## Requirement:
Keyword search on "CONTINUE": report each line of the records that contains it.

## The input:
********************

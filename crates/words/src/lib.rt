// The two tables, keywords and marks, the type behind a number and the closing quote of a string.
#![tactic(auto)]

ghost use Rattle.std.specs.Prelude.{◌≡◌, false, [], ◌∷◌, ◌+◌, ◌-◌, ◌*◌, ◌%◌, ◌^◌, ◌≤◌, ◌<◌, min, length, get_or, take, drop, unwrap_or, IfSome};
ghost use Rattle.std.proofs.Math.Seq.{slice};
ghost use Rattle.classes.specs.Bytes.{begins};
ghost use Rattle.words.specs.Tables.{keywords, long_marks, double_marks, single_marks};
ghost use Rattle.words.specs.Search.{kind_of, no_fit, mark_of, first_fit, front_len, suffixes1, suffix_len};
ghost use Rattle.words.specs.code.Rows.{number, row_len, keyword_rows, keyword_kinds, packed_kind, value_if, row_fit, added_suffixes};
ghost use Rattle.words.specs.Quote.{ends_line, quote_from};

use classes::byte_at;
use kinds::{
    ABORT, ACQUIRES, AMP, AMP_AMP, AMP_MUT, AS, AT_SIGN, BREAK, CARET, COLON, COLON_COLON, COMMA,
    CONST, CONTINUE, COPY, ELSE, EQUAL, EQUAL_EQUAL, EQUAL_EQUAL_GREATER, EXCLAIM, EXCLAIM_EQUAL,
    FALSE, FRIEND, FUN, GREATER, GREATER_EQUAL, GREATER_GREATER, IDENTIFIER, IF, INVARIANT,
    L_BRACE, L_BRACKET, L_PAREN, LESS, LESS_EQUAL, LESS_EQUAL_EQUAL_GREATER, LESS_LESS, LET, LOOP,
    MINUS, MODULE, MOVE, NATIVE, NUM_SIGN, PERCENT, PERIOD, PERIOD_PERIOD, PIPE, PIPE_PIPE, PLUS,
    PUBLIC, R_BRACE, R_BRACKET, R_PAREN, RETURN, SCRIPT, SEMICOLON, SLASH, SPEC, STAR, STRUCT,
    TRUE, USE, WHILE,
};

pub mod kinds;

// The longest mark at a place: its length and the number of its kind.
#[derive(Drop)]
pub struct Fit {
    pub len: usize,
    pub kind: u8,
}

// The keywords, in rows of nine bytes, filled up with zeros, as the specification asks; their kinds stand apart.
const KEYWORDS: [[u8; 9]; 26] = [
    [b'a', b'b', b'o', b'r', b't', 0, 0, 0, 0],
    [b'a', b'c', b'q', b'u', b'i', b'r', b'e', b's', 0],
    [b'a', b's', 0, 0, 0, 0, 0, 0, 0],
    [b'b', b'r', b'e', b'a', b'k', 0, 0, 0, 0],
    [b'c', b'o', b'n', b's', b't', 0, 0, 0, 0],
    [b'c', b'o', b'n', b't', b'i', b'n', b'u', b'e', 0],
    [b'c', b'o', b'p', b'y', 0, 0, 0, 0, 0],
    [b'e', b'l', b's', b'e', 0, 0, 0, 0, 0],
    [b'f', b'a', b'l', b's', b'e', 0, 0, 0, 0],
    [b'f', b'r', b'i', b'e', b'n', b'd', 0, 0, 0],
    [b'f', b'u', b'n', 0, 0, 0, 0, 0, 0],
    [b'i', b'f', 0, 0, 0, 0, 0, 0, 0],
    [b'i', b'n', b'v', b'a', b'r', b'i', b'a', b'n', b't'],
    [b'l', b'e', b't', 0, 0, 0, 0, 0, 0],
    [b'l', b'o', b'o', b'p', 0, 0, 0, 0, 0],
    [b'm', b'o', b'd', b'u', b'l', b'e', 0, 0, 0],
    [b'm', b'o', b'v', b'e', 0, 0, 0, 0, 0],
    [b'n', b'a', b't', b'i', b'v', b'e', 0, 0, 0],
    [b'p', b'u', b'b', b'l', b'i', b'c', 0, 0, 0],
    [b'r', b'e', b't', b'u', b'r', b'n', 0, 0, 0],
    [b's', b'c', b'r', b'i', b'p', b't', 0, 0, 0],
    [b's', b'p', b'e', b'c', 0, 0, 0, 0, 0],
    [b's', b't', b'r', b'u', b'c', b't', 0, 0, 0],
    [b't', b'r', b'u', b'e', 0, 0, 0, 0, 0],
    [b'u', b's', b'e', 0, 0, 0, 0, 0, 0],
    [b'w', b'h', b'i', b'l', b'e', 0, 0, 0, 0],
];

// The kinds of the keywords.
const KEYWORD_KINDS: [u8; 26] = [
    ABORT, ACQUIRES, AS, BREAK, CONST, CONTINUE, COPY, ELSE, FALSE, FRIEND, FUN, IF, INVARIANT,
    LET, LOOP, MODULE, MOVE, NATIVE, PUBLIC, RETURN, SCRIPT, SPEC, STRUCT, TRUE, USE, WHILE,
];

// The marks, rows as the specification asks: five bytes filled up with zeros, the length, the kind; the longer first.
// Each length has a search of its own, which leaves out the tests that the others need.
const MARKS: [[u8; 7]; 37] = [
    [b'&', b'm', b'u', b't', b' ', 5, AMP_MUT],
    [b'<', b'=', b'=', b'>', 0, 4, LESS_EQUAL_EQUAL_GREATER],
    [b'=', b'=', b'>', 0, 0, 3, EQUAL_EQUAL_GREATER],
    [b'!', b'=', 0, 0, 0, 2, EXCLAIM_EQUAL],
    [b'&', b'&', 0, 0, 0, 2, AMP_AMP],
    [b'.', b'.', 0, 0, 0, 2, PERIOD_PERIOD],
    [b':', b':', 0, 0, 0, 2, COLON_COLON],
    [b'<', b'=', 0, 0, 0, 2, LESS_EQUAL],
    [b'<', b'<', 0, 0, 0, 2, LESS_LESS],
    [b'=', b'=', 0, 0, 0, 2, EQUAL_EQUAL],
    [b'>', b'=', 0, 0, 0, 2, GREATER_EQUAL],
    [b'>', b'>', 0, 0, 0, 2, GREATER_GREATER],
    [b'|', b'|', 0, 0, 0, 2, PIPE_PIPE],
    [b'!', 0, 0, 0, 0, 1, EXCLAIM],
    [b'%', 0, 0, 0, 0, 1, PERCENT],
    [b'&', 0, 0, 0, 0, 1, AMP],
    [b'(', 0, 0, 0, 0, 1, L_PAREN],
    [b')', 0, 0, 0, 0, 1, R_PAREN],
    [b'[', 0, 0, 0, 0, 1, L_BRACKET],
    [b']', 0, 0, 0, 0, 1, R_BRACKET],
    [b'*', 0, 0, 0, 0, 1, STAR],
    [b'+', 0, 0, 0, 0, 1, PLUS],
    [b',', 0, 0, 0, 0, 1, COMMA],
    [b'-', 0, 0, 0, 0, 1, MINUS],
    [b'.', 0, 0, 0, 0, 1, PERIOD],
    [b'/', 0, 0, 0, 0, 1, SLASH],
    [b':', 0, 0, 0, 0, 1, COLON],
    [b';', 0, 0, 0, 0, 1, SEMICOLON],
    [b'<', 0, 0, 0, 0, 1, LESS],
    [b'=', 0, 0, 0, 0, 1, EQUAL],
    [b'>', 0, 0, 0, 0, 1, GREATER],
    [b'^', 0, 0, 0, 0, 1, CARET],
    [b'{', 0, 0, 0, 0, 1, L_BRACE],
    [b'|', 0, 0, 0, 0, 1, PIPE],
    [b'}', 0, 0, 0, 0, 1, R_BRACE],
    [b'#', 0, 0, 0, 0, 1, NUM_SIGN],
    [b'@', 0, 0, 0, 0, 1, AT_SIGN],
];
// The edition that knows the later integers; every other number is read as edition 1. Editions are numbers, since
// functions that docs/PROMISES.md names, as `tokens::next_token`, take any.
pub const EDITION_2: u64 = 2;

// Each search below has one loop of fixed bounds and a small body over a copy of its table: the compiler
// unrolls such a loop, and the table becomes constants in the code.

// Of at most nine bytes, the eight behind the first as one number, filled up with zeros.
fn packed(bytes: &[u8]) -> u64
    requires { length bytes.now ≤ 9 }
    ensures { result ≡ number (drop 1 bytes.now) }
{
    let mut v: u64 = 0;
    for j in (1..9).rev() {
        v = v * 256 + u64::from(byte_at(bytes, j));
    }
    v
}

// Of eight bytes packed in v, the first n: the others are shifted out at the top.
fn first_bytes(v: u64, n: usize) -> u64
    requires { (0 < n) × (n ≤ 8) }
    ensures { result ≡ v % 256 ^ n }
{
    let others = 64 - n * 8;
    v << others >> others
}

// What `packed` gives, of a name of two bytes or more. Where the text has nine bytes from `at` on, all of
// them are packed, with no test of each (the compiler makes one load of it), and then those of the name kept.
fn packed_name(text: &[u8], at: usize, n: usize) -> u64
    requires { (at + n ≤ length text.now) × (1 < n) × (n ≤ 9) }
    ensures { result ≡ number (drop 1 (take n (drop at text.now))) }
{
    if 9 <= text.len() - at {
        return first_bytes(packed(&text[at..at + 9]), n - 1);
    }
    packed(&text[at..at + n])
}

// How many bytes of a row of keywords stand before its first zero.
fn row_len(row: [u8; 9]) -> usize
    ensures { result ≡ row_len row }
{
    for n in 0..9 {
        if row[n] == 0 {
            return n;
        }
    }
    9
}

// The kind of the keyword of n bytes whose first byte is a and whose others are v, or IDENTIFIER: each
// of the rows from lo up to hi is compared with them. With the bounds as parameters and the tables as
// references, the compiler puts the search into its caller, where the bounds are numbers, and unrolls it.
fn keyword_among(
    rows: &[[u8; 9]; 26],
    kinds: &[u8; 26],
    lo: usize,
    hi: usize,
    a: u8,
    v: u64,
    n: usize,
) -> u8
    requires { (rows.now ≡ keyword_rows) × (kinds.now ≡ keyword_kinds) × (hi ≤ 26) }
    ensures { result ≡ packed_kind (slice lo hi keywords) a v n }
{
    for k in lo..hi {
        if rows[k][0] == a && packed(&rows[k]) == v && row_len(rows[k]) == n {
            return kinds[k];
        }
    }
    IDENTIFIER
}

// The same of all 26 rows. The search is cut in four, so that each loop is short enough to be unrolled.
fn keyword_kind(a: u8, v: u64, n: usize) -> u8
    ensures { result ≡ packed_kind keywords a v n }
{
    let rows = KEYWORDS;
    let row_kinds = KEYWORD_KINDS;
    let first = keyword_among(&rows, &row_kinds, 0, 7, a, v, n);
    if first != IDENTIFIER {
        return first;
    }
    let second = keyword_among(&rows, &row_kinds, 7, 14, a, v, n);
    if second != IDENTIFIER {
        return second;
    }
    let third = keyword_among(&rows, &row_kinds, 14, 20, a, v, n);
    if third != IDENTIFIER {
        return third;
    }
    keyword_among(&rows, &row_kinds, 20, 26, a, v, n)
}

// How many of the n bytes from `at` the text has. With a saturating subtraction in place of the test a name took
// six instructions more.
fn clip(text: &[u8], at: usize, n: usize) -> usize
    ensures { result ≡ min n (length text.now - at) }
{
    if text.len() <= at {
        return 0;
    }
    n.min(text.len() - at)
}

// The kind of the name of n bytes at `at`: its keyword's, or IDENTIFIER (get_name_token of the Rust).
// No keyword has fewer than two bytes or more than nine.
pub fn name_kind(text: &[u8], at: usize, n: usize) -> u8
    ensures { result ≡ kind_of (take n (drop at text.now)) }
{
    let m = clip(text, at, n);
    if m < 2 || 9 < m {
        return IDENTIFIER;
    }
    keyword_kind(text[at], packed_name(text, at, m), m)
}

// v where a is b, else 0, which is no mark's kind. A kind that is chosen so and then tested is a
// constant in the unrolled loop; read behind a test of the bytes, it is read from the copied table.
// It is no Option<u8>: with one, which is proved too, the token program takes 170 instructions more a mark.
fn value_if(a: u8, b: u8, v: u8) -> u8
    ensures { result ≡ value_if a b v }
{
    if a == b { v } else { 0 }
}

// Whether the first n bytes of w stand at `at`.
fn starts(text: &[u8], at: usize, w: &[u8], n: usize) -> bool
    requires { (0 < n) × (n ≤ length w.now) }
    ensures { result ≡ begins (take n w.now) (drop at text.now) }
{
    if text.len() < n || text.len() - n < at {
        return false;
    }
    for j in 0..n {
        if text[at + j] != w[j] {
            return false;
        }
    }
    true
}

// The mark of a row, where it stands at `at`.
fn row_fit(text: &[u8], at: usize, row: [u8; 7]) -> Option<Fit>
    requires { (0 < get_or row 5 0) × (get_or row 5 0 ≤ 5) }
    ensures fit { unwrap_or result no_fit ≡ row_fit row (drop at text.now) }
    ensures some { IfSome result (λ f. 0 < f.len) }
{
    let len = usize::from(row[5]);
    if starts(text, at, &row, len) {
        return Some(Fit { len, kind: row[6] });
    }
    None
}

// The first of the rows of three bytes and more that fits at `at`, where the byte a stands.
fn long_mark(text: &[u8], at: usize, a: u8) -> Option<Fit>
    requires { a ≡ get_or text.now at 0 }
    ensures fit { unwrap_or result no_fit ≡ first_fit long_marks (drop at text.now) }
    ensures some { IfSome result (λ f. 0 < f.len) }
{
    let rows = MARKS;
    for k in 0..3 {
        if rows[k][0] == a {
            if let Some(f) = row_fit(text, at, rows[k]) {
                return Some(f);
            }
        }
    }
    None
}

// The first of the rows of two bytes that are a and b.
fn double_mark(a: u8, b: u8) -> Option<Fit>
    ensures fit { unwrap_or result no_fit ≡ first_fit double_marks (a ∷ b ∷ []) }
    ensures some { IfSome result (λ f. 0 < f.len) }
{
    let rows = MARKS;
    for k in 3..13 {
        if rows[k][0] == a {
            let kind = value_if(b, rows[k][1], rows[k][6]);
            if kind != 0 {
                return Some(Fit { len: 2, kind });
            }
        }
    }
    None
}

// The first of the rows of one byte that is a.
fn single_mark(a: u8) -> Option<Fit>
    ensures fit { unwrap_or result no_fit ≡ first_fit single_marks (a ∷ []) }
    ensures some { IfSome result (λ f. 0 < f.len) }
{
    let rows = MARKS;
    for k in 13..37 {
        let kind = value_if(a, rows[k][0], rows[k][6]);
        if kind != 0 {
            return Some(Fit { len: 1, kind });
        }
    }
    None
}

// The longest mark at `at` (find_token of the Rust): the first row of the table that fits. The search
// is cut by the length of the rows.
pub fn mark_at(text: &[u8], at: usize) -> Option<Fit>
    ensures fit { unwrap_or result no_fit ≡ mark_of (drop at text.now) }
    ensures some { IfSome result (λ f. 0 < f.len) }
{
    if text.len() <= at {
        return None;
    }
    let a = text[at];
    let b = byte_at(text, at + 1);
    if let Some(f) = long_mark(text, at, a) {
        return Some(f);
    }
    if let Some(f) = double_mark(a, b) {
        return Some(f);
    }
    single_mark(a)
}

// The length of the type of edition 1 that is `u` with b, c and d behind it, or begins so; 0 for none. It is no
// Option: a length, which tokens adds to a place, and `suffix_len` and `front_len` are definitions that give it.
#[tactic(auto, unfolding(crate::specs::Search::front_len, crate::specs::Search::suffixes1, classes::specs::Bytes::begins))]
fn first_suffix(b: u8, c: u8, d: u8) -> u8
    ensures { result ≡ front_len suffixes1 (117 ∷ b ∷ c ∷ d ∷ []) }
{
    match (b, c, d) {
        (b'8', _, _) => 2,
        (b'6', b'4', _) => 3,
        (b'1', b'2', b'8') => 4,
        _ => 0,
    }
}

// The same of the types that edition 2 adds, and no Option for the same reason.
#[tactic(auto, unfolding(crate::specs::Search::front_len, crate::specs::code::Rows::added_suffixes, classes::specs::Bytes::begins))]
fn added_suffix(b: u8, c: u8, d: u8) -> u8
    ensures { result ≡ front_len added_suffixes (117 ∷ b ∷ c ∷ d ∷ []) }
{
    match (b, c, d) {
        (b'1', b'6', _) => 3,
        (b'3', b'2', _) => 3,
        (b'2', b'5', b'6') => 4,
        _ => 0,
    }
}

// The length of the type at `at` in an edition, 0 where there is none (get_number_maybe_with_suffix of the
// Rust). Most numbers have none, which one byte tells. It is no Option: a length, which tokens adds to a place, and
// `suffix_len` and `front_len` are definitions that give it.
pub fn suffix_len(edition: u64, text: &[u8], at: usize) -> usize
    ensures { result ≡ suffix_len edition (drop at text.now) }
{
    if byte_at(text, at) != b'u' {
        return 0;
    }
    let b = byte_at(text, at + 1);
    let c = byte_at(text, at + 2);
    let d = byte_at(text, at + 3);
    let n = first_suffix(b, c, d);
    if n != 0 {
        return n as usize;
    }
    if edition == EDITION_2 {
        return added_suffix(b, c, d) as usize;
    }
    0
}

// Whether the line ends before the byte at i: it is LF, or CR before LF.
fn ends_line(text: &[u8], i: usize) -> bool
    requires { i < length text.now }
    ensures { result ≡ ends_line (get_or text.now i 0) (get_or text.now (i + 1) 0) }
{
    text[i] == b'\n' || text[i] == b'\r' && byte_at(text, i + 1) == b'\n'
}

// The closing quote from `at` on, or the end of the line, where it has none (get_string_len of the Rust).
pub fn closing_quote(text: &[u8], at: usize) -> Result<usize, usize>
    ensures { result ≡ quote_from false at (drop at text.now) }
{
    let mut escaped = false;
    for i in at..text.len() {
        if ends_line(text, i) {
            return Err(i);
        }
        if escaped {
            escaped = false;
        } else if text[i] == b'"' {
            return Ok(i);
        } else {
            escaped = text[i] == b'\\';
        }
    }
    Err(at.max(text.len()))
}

********************

## Output below:
    CONST, CONTINUE, COPY, ELSE, EQUAL, EQUAL_EQUAL, EQUAL_EQUAL_GREATER, EXCLAIM, EXCLAIM_EQUAL,
    ABORT, ACQUIRES, AS, BREAK, CONST, CONTINUE, COPY, ELSE, FALSE, FRIEND, FUN, IF, INVARIANT,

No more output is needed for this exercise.